- Exercise objective:
Among the entries below, how many lines include "came"? Answer with the number only.

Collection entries
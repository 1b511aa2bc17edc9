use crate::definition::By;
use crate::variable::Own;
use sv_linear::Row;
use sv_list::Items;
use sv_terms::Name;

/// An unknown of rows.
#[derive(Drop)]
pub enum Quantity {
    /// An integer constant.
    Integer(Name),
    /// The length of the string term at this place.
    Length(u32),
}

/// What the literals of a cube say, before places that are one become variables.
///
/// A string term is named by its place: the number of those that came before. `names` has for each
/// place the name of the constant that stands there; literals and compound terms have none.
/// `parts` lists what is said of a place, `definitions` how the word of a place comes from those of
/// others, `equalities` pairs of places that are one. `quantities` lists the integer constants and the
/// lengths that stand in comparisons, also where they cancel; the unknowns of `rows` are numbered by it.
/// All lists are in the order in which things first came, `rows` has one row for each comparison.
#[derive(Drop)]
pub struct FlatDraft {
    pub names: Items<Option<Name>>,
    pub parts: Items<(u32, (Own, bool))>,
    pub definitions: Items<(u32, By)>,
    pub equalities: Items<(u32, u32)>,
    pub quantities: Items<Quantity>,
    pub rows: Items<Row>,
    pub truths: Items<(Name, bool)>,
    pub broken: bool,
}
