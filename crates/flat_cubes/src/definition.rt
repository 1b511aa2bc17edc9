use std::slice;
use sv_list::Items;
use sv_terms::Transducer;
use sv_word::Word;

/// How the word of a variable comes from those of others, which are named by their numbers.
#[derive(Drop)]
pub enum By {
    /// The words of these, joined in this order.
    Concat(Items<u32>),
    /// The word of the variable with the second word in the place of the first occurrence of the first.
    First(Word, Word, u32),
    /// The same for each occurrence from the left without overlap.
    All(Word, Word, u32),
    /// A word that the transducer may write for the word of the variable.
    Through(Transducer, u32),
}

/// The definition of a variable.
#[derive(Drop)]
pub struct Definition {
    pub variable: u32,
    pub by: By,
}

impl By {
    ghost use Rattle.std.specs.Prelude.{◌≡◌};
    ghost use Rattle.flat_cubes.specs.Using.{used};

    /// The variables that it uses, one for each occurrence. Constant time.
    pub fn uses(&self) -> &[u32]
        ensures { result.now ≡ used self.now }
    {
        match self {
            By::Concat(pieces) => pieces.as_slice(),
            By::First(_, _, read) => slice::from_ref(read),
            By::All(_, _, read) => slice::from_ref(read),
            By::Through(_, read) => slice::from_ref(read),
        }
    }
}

- Response to the exercise:
2